Side note: sometimes this is desired. For instance, one domain can only occupy
2 slots in a SERP, but each subdomain can take 2 more slots. So in theory, you
could take up an entire results page with your main domain and 4 subdomains.

------
rubyrescue
Build Links. Here are my 5 steps to get started from nothing, with 5 free
bonus steps. Do one of these per week, in a little over a month you'll have a
foundation. Remember SEO is like farming, you reap what sow and it takes a
long time to reap the harvest of all the hard work.

1\. Leverage your competition, by finding your top five closest competitors
and spend your first round of SEO getting links from the top 100 sites that
link to them. Once you filter out the ones that you won't be able to contact
or you know can't edit their content to add another link, you'll be down to
20% of those 500 links. Now, you can do this in a day. Create an email, send
it to each one of those guys asking for a backlink, telling them you're in the
space and explaining why they should link to you. _Don't pay for links,
because it's not worth the risk of the google "police" finding out._

2\. Long Tail. Don't focus on ranking for the super-competitive keyword such
as "flowers", rank for medium-tail keywords that you can make some ground on
with less effort. "flowers going away party", "flowers evil mother-in-law",
etc. Related to #1, when you ask for a link, feel free to suggest anchor text
in the link that helps you get what you want from that link.

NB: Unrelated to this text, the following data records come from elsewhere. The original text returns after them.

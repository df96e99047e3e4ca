//! A program that computes what stands in a constraint, one level down: in the constraint, in a set of values, in an element of
//! it, and in a component that WITH COMPONENTS lists, each on the type that is constrained.
//!
//! It stands on asn_places_types, whose calls append sites to a list that they take and give back, on asn_meaning_heads and asn_meaning_shapes, which
//! tell the parts of the constrained type, and borrows the trees. What meaning knows within a number of steps, a call computes by
//! `steps`. Where these are used up, it fails for want of memory, so that each answer is the one of all further steps. A call
//! fails for nothing else.
#![tactic(auto)]

mod contents;
mod elements;
mod listed;
mod parts;
mod sets;
mod values;

pub use contents::with_constraint;
pub use elements::with_element;
pub use listed::with_listed;
pub use sets::with_set;
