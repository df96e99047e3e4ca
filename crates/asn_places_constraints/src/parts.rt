//! Types that are parts of a type.

ghost use Rattle.asn_meaning_heads.specs.Kinds.{shown_kind};
ghost use Rattle.asn_meaning_heads.specs.Places.{shown_place};
ghost use Rattle.asn_places_constraints.specs.inner.Choices.{choice_in};
ghost use Rattle.asn_meaning.specs.Answers.{once};
ghost use Rattle.asn_meaning.specs.Judge.{meaning};
ghost use Rattle.asn_meaning.specs.Kinds.{kind_of};
ghost use Rattle.asn_meaning.specs.Members.{member_named, member_place, members_of};
ghost use Rattle.asn_needs.specs.PartsOfConstraints.{element_type, listed_in, listed_type};
ghost use Rattle.asn_places_types.specs.Forms.{shown_governor};
ghost use Rattle.std.specs.Option.{option_copied, option_map};
ghost use Rattle.std.specs.Prelude.{◌≡◌, ◌+◌, IfOk, None, Some, ℕ};

use asn_meaning_heads::{Kind, Place, head, kind_of};
use asn_meaning_shapes::{element_place, member_type, members_of, option_type};
use asn_memory::Mem;
use asn_names_index::Names;
use asn_tree::ChoiceOption;
use std::alloc::Global;

/// The type of the first member of the name in a head.
///
/// None: the head is no SEQUENCE or SET, or has no such member, or a name behind COMPONENTS OF leads to no members. Err: want of
/// memory, also where the steps are used up.
fn struct_part<'a>(
    alloc: Global,
    names: &Names<'a>,
    steps: usize,
    head: &Place<'a>,
    name: &str,
) -> Mem<Option<Place<'a>>>
    ensures { IfOk result (λ found. (n : ℕ) → shown_governor found ≡ once None (members_of (meaning names.now.definitions.now (steps + n)) (shown_place head.now)) (λ ms. once None (member_named ms name.now) (λ m. Some (member_place m)))) }
{
    let Some(members) = members_of(alloc, names, steps, head)? else {
        return Ok(None);
    };
    let part = member_type(alloc, members.as_slice(), name)?;
    Ok(part)
}

/// The options of a CHOICE; None for any other kind.
fn choice_in<'a>(kind: Kind<'a>) -> Option<&'a [ChoiceOption]>
    ensures { option_copied result ≡ choice_in (shown_kind kind.entry) }
{
    match kind {
        Kind::Choice(options) => Some(options.as_slice()),
        Kind::Null => None,
        Kind::Boolean => None,
        Kind::Integer(_) => None,
        Kind::Real => None,
        Kind::BitString(_) => None,
        Kind::OctetString => None,
        Kind::CharacterString(_) => None,
        Kind::Time => None,
        Kind::Enumerated(_) => None,
        Kind::ObjectIdentifier => None,
        Kind::Opaque => None,
        Kind::Struct(_) => None,
        Kind::List(_) => None,
        Kind::Field(_) => None,
        Kind::Reference(_) => None,
        Kind::Selection(_) => None,
    }
}

/// The component of the name in a head; None where it has none.
///
/// Err: want of memory, also where the steps are used up.
#[tactic(auto, using(crate::proofs::Choosing::listed_choice, crate::proofs::Choosing::listed_other))]
fn listed_in<'a>(
    alloc: Global,
    names: &Names<'a>,
    steps: usize,
    head: &Place<'a>,
    name: &str,
) -> Mem<Option<Place<'a>>>
    ensures { IfOk result (λ found. (m : ℕ) → shown_governor found ≡ listed_in (meaning names.now.definitions.now (steps + m)) (shown_place head.now) name.now (kind_of (shown_place head.now))) }
{
    match choice_in(kind_of(head.ty)) {
        None => {
            let part = struct_part(alloc, names, steps, head, name)?;
            Ok(part)
        }
        Some(options) => {
            let part = option_type(alloc, &head.scope, options, name)?;
            Ok(part)
        }
    }
}

/// The component of the name that WITH COMPONENTS lists (X.680 51.8.6); None where the constrained type is not known or has none.
///
/// Err: want of memory, also where the steps are used up.
pub fn listed_type<'a>(
    alloc: Global,
    names: &Names<'a>,
    steps: usize,
    place: Option<&Place<'a>>,
    name: &str,
) -> Mem<Option<Place<'a>>>
    ensures { IfOk result (λ found. (m : ℕ) → shown_governor found ≡ listed_type (meaning names.now.definitions.now (steps + m)) (option_map (λ p. shown_place p.now) place.entry) name.now) }
{
    let Some(place) = place else {
        return Ok(None);
    };
    let Some(place) = head(alloc, names, steps, place)? else {
        return Ok(None);
    };
    let part = listed_in(alloc, names, steps, &place, name)?;
    Ok(part)
}

/// The type of the elements that WITH COMPONENT constrains (X.680 51.8.5); None where the constrained type is not known or has
/// none.
///
/// Err: want of memory, also where the steps are used up.
pub fn element_type<'a>(
    alloc: Global,
    names: &Names<'a>,
    steps: usize,
    place: Option<&Place<'a>>,
) -> Mem<Option<Place<'a>>>
    ensures { IfOk result (λ found. (m : ℕ) → shown_governor found ≡ element_type (meaning names.now.definitions.now (steps + m)) (option_map (λ p. shown_place p.now) place.entry)) }
{
    let Some(place) = place else {
        return Ok(None);
    };
    let Some(place) = head(alloc, names, steps, place)? else {
        return Ok(None);
    };
    let element = element_place(alloc, &place)?;
    Ok(element)
}
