//! What stands in a constraint (X.680 49.6, X.682 10, 11).

ghost use Rattle.asn_meaning_heads.specs.Places.{shown_place};
ghost use Rattle.asn_needs.specs.PartsOfConstraints.{constraint_parts, containing, content_sites, encoded_by, made_opaque};
ghost use Rattle.asn_needs.specs.Sites.{beside, AnObjectSet};
ghost use Rattle.asn_places_types.specs.Sites.{shown_around, shown_sites};
ghost use Rattle.asn_tree.specs.declared.constraints.Constraint.{out-Constraint};
ghost use Rattle.asn_tree.specs.declared.constraints.ContentConstraint.{out-ContentConstraint};
ghost use Rattle.std.specs.Option.{option_map};
ghost use Rattle.std.specs.Prelude.{◌≡◌, ◌++◌, ◌∷◌, [], IfOk, None};

use crate::sets::with_set_on;
use asn_meaning_heads::{Place, ValueForm};
use asn_memory::{List, Mem};
use asn_places_types::{
    Around, Asked, Form, SetForm, Site, TypePlace, ValuePlace, made_opaque, with_bare_type,
    with_site,
};
use asn_tree::{ASN1Type, ASN1Value, Constraint, ContentConstraint, TableConstraint};
use std::alloc::Global;
use std::rc::Rc;

/// The sites with the type that a string holds.
///
/// Err: want of memory.
fn with_containing<'a>(
    alloc: Global,
    sites: List<Site<'a>>,
    around: &Rc<Around<'a>>,
    ty: &'a ASN1Type,
) -> Mem<List<Site<'a>>>
    ensures { IfOk result (λ more. shown_sites more ≡ shown_sites sites.entry ++ containing (shown_around around.now.value) ty.now) }
{
    let inner = made_opaque(alloc, around)?;
    let sites = with_bare_type(sites, &inner, TypePlace::InPlace, ty)?;
    Ok(sites)
}

/// The sites with the value that names how a string is encoded.
///
/// Err: want of memory.
fn with_encoded_by<'a>(
    alloc: Global,
    sites: List<Site<'a>>,
    around: &Rc<Around<'a>>,
    value: &'a ASN1Value,
) -> Mem<List<Site<'a>>>
    ensures { IfOk result (λ more. shown_sites more ≡ shown_sites sites.entry ++ encoded_by (shown_around around.now.value) value.now) }
{
    let inner = made_opaque(alloc, around)?;
    let form = Form::AValue(ValuePlace::AsSuch, ValueForm::Written(value), None);
    let sites = with_site(sites, &inner, form)?;
    Ok(sites)
}

/// The sites with the type that a string holds, and with the value that names how it is encoded.
///
/// Err: want of memory.
#[tactic(auto, using(asn_places_types::proofs::Adding::then_more))]
fn with_containing_encoded_by<'a>(
    alloc: Global,
    sites: List<Site<'a>>,
    around: &Rc<Around<'a>>,
    ty: &'a ASN1Type,
    value: &'a ASN1Value,
) -> Mem<List<Site<'a>>>
    ensures { IfOk result (λ more. shown_sites more ≡ shown_sites sites.entry ++ (containing (shown_around around.now.value) ty.now ++ encoded_by (shown_around around.now.value) value.now)) }
{
    let sites = with_containing(alloc, sites, around, ty)?;
    let sites = with_encoded_by(alloc, sites, around, value)?;
    Ok(sites)
}

/// The sites with what stands in a content constraint.
///
/// Err: want of memory.
fn with_content<'a>(
    alloc: Global,
    sites: List<Site<'a>>,
    around: &Rc<Around<'a>>,
    content: &'a ContentConstraint,
) -> Mem<List<Site<'a>>>
    ensures { IfOk result (λ more. shown_sites more ≡ shown_sites sites.entry ++ content_sites (shown_around around.now.value) (out-ContentConstraint content.now)) }
{
    match content {
        ContentConstraint::Containing(ty) => {
            let sites = with_containing(alloc, sites, around, ty)?;
            Ok(sites)
        }
        ContentConstraint::EncodedBy(value) => {
            let sites = with_encoded_by(alloc, sites, around, value)?;
            Ok(sites)
        }
        ContentConstraint::ContainingEncodedBy {
            containing,
            encoded_by,
        } => {
            let sites = with_containing_encoded_by(alloc, sites, around, containing, encoded_by)?;
            Ok(sites)
        }
    }
}

/// The sites with the object set of a table constraint.
///
/// Err: want of memory.
fn with_table<'a>(
    alloc: Global,
    sites: List<Site<'a>>,
    around: &Rc<Around<'a>>,
    table: &'a TableConstraint,
) -> Mem<List<Site<'a>>>
    ensures { IfOk result (λ more. shown_sites more ≡ shown_sites sites.entry ++ beside (made_opaque (shown_around around.now.value)) (AnObjectSet None table.now.object_set) ∷ []) }
{
    let inner = made_opaque(alloc, around)?;
    let form = Form::AnObjectSet(None, SetForm::Written(&table.object_set));
    let sites = with_site(sites, &inner, form)?;
    Ok(sites)
}

/// The sites with what stands in a constraint on a type, where the type is known. The names behind `@` are not judged; an
/// argument list stands with the type.
///
/// Err: want of memory.
#[tactic(auto, using(asn_places_types::proofs::Adding::nothing_more))]
pub fn with_constraint<'a>(
    alloc: Global,
    sites: List<Site<'a>>,
    around: &Rc<Around<'a>>,
    place: Option<&Place<'a>>,
    constraint: &'a Constraint,
) -> Mem<List<Site<'a>>>
    ensures { IfOk result (λ more. shown_sites more ≡ shown_sites sites.entry ++ constraint_parts (shown_around around.now.value) (option_map (λ p. shown_place p.now) place.entry) (out-Constraint constraint.now)) }
{
    match constraint {
        Constraint::SubtypeConstraint(x) => {
            let sites = with_set_on(alloc, sites, around, Asked::OfValues, place, &x.set)?;
            Ok(sites)
        }
        Constraint::TableConstraint(x) => {
            let sites = with_table(alloc, sites, around, x)?;
            Ok(sites)
        }
        Constraint::Parameter(_) => Ok(sites),
        Constraint::ContentConstraint(x) => {
            let sites = with_content(alloc, sites, around, x)?;
            Ok(sites)
        }
    }
}
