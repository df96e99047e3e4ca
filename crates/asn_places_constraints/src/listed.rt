//! What stands in a part of a constrained type: in its elements, and in a component that WITH COMPONENTS lists (X.680 51.8).

ghost use Rattle.asn_meaning_heads.specs.Places.{shown_place};
ghost use Rattle.asn_meaning.specs.Judge.{meaning};
ghost use Rattle.asn_needs.specs.PartsOfConstraints.{element_type, listed_parts, onward, part_sites};
ghost use Rattle.asn_needs.specs.Sites.{beside, seen, AListed};
ghost use Rattle.asn_places_types.specs.Sites.{shown_around, shown_sites};
ghost use Rattle.std.specs.Option.{option_map};
ghost use Rattle.std.specs.Prelude.{◌≡◌, ◌+◌, ◌++◌, ◌∷◌, [], IfOk, map, ℕ};

use crate::parts::{element_type, listed_type};
use asn_meaning_heads::Place;
use asn_memory::{List, Mem};
use asn_names_index::Names;
use asn_places_types::{
    Around, Form, Site, governor_boxed, governor_copied, lent, onward, shared, with_constraints,
    with_loose_lists, with_site,
};
use asn_tree::{ConstrainedComponent, Constraint};
use std::alloc::Global;
use std::rc::Rc;

/// What surrounds a part of a constrained type, where the type is known.
///
/// Err: want of memory.
fn behind<'a>(
    alloc: Global,
    around: &Rc<Around<'a>>,
    place: Option<&Place<'a>>,
) -> Mem<Rc<Around<'a>>>
    ensures { IfOk result (λ inner. shown_around inner.value ≡ onward (shown_around around.now.value) (option_map (λ p. shown_place p.now) place.entry)) }
{
    match place {
        None => {
            let inner = shared(around)?;
            Ok(inner)
        }
        Some(place) => {
            let inner = onward(alloc, around, place)?;
            Ok(inner)
        }
    }
}

/// The sites with the constraints on a part, and the argument lists among them.
///
/// Err: want of memory.
#[tactic(auto, using(asn_places_types::proofs::Adding::then_more))]
fn with_part<'a>(
    alloc: Global,
    sites: List<Site<'a>>,
    around: &Rc<Around<'a>>,
    place: Option<&Place<'a>>,
    constraints: &'a [Constraint],
) -> Mem<List<Site<'a>>>
    ensures { IfOk result (λ more. shown_sites more ≡ shown_sites sites.entry ++ part_sites (shown_around around.now.value) (option_map (λ p. shown_place p.now) place.entry) constraints.now) }
{
    let sites = with_constraints(alloc, sites, around, place, constraints)?;
    let sites = with_loose_lists(sites, around, constraints)?;
    Ok(sites)
}

/// The sites with what stands in a component that WITH COMPONENTS lists, where the type that is constrained is known.
///
/// Err: want of memory, also where the steps are used up.
#[tactic(auto, using(crate::proofs::Passing::part_done))]
pub fn with_listed<'a>(
    alloc: Global,
    names: &Names<'a>,
    steps: usize,
    sites: List<Site<'a>>,
    around: &Rc<Around<'a>>,
    place: Option<&Place<'a>>,
    component: &'a ConstrainedComponent,
) -> Mem<List<Site<'a>>>
    ensures { IfOk result (λ more. (m : ℕ) → shown_sites more ≡ shown_sites sites.entry ++ listed_parts (seen names.now.definitions.now (steps + m)) (shown_around around.now.value) (option_map (λ p. shown_place p.now) place.entry) component.now) }
{
    let part = listed_type(alloc, names, steps, place, component.identifier.as_str())?;
    let sites = with_part(
        alloc,
        sites,
        around,
        lent(&part),
        component.constraints.as_slice(),
    )?;
    Ok(sites)
}

/// The sites with what WITH COMPONENT asks of the elements.
///
/// Err: want of memory, also where the steps are used up.
#[tactic(auto, using(crate::proofs::Passing::part_done))]
pub fn with_elements_part<'a>(
    alloc: Global,
    names: &Names<'a>,
    steps: usize,
    sites: List<Site<'a>>,
    around: &Rc<Around<'a>>,
    place: Option<&Place<'a>>,
    constraints: &'a [Constraint],
) -> Mem<List<Site<'a>>>
    ensures { IfOk result (λ more. (m : ℕ) → shown_sites more ≡ shown_sites sites.entry ++ part_sites (onward (shown_around around.now.value) (option_map (λ p. shown_place p.now) place.entry)) (element_type (meaning names.now.definitions.now (steps + m)) (option_map (λ p. shown_place p.now) place.entry)) constraints.now) }
{
    let inner = behind(alloc, around, place)?;
    let part = element_type(alloc, names, steps, place)?;
    let sites = with_part(alloc, sites, &inner, lent(&part), constraints)?;
    Ok(sites)
}

/// A component that WITH COMPONENTS lists, with the constrained type.
///
/// Err: want of memory.
fn with_component<'a>(
    alloc: Global,
    sites: List<Site<'a>>,
    around: &Rc<Around<'a>>,
    place: Option<&Place<'a>>,
    component: &'a ConstrainedComponent,
) -> Mem<List<Site<'a>>>
    ensures { IfOk result (λ more. shown_sites more ≡ shown_sites sites.entry ++ beside (shown_around around.now.value) (AListed component.now (option_map (λ p. shown_place p.now) place.entry)) ∷ []) }
{
    let governor = governor_copied(alloc, place)?;
    let governor = governor_boxed(alloc, governor)?;
    let sites = with_site(sites, around, Form::AListed(component, governor))?;
    Ok(sites)
}

/// The sites with components that WITH COMPONENTS lists.
///
/// Err: want of memory.
fn with_components<'a>(
    alloc: Global,
    sites: List<Site<'a>>,
    around: &Rc<Around<'a>>,
    place: Option<&Place<'a>>,
    components: &'a [ConstrainedComponent],
) -> Mem<List<Site<'a>>>
    ensures { IfOk result (λ more. shown_sites more ≡ shown_sites sites.entry ++ map (λ c. beside (shown_around around.now.value) (AListed c (option_map (λ p. shown_place p.now) place.entry))) components.now) }
{
    let mut sites = sites;
    for component in components {
        sites = with_component(alloc, sites, around, place, component)?;
    }
    Ok(sites)
}

/// The sites with the components that WITH COMPONENTS lists, each behind the constrained type.
///
/// Err: want of memory.
pub fn with_components_part<'a>(
    alloc: Global,
    sites: List<Site<'a>>,
    around: &Rc<Around<'a>>,
    place: Option<&Place<'a>>,
    components: &'a [ConstrainedComponent],
) -> Mem<List<Site<'a>>>
    ensures { IfOk result (λ more. shown_sites more ≡ shown_sites sites.entry ++ map (λ c. beside (onward (shown_around around.now.value) (option_map (λ p. shown_place p.now) place.entry)) (AListed c (option_map (λ p. shown_place p.now) place.entry))) components.now) }
{
    let inner = behind(alloc, around, place)?;
    let sites = with_components(alloc, sites, &inner, place, components)?;
    Ok(sites)
}
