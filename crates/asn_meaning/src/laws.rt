//! Laws of meaning, each the contract of a function without a body.

ghost use Rattle.asn_meaning.specs.Laws.{AcceptedFits, BoundsExact, DenotedFits, DenotedStays, EnvironmentsChangeTags, HeadsStay, MoreSteps, NumbersAgree, OneAnswer, RetaggedTypesMeanTheSame, SameTreesJudgeAlike, ShapesStay, TagsDenoteAlike, TagsJudgeAlike, TagsKeepPlainForm, TagsLeadAlike};

/// More steps never change a yes or a no: only an unknown answer may become another.
pub fn more_steps()
    ensures { MoreSteps }
{}

/// A head that is found stays.
pub fn heads_stay()
    ensures { HeadsStay }
{}

/// More steps never change whether a tree fits a type.
pub fn shapes_stay()
    ensures { ShapesStay }
{}

/// What a value denotes stays, and so does that it denotes nothing.
pub fn denoted_stays()
    ensures { DenotedStays }
{}

/// No tree is both accepted and rejected.
pub fn one_answer()
    ensures { OneAnswer }
{}

/// The whole numbers that are found for a type, which a mark beside MIN or MAX goes by, are those that it accepts.
pub fn numbers_agree()
    ensures { NumbersAgree }
{}

/// What a type accepts fits its kind at every depth.
pub fn accepted_fits()
    ensures { AcceptedFits }
{}

/// What a value denotes under a type fits the type's kind at every depth, where no two members share a name.
pub fn denoted_fits()
    ensures { DenotedFits }
{}

/// A set of whole numbers that is found has a number below another, or above it, exactly where its tests say so.
pub fn bounds_exact()
    ensures { BoundsExact }
{}

/// Trees that are the same, structs compared as maps, are judged alike.
pub fn same_trees_judge_alike()
    ensures { SameTreesJudgeAlike }
{}

/// Tags mean nothing: definitions, scopes and types that differ in their tags alone give the same answer, within as many
/// steps. Each definition, argument and governor may have its tags changed in its own way.
pub fn tags_judge_alike()
    ensures { TagsJudgeAlike }
{}

/// The heads of types that differ in their tags alone do so too, and the same trees fit them.
pub fn tags_lead_alike()
    ensures { TagsLeadAlike }
{}

/// Values that differ in their tags alone denote the same.
pub fn tags_denote_alike()
    ensures { TagsDenoteAlike }
{}

/// A definition's numbers and its module's tagging environment change no more of it than its tags.
pub fn environments_change_tags()
    ensures { EnvironmentsChangeTags }
{}

/// The type that a name stands for stands for it, with other tags, where tags are changed, and accepts the same trees.
pub fn retagged_types_mean_the_same()
    ensures { RetaggedTypesMeanTheSame }
{}

/// A type is in plain form exactly where it is so with other tags.
pub fn tags_keep_plain_form()
    ensures { TagsKeepPlainForm }
{}
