//! What stands in an element of a set of values of a type (X.680 51).

ghost use Rattle.asn_meaning_heads.specs.Places.{shown_place};
ghost use Rattle.asn_needs.specs.PartsOfConstraints.{element_parts};
ghost use Rattle.asn_needs.specs.Sites.{seen};
ghost use Rattle.asn_places_types.specs.Forms.{shown_asked};
ghost use Rattle.asn_places_types.specs.Sites.{shown_around, shown_sites};
ghost use Rattle.asn_tree.specs.declared.constraints.SubtypeElement.{out-SubtypeElement};
ghost use Rattle.std.specs.Option.{option_map};
ghost use Rattle.std.specs.Prelude.{◌≡◌, ◌+◌, ◌++◌, IfOk, ℕ};

use crate::listed::{with_components_part, with_elements_part};
use crate::sets::with_set_on;
use crate::values::{with_asked_value, with_ends};
use asn_meaning_heads::Place;
use asn_memory::{List, Mem};
use asn_names_index::Names;
use asn_places_types::{Around, Asked, Site, TypePlace, ValuePlace, with_bare_type};
use asn_tree::SubtypeElement;
use std::alloc::Global;
use std::rc::Rc;

/// The sites with what stands in an element of a set of values of a type, where the type is known. A pattern, a constraint in
/// words and settings hold no name of a definition.
///
/// Err: want of memory, also where the steps are used up.
#[tactic(auto, using(asn_places_types::proofs::Adding::nothing_more))]
pub fn with_element<'a>(
    alloc: Global,
    names: &Names<'a>,
    steps: usize,
    sites: List<Site<'a>>,
    around: &Rc<Around<'a>>,
    asked: Asked,
    place: Option<&Place<'a>>,
    element: &'a SubtypeElement,
) -> Mem<List<Site<'a>>>
    ensures { IfOk result (λ more. (m : ℕ) → shown_sites more ≡ shown_sites sites.entry ++ element_parts (seen names.now.definitions.now (steps + m)) (shown_around around.now.value) (shown_asked asked) (option_map (λ p. shown_place p.now) place.entry) (out-SubtypeElement element.now)) }
{
    match element {
        SubtypeElement::SingleValue { value, .. } => {
            let at = ValuePlace::AsSingle;
            let sites = with_asked_value(alloc, sites, around, asked, at, place, value)?;
            Ok(sites)
        }
        SubtypeElement::ContainedSubtype { subtype, .. } => {
            let sites = with_bare_type(sites, around, TypePlace::AtHead, subtype)?;
            Ok(sites)
        }
        SubtypeElement::ValueRange { min, max, .. } => {
            let (low, high) = (min.as_ref(), max.as_ref());
            let sites = with_ends(alloc, sites, around, asked, place, low, high)?;
            Ok(sites)
        }
        SubtypeElement::PermittedAlphabet(set) => {
            let asked = Asked::OfCharacters;
            let sites = with_set_on(alloc, sites, around, asked, place, set.get())?;
            Ok(sites)
        }
        SubtypeElement::SizeConstraint(set) => {
            let sites = with_set_on(alloc, sites, around, Asked::OfLengths, place, set.get())?;
            Ok(sites)
        }
        SubtypeElement::TypeConstraint(ty) => {
            let sites = with_bare_type(sites, around, TypePlace::AtHead, ty)?;
            Ok(sites)
        }
        SubtypeElement::SingleTypeConstraint(constraints) => {
            let cs = constraints.as_slice();
            let sites = with_elements_part(alloc, names, steps, sites, around, place, cs)?;
            Ok(sites)
        }
        SubtypeElement::MultipleTypeConstraints(inner) => {
            let components = inner.constraints.as_slice();
            let sites = with_components_part(alloc, sites, around, place, components)?;
            Ok(sites)
        }
        SubtypeElement::PatternConstraint(_) => Ok(sites),
        SubtypeElement::UserDefinedConstraint(_) => Ok(sites),
        SubtypeElement::PropertySettings(_) => Ok(sites),
    }
}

3\. Kickstart your on-site content strategy. Make a list of 100 articles that
would help you drive traffic. Take the top 10 ideas and hire someone to write
them. For each article, when you publish it, find 100 more people to ask for
links to the article. Send them specific text and a specific page you want
them to link to.

4\. Authorities. Make a list of 10 authorities on your subject _who blog or
create content_. Write an article that you think would be interesting to them,
something specific that is in their space. Make the content really good.
Contact them personally (phone call, even) and ask for links to the article.
In the flowers example, academics focused on environmental issues related to
flower farming, for example.

5\. Directories. Build resource articles that cover your space in a way that
focuses on your strengths. Find directories and ask them to link to your
article. In the flowers example, an article on determining the proper type of
flower for all special occasions or religious events.

6\. Build links.

7\. Build links.

8-10. Build links.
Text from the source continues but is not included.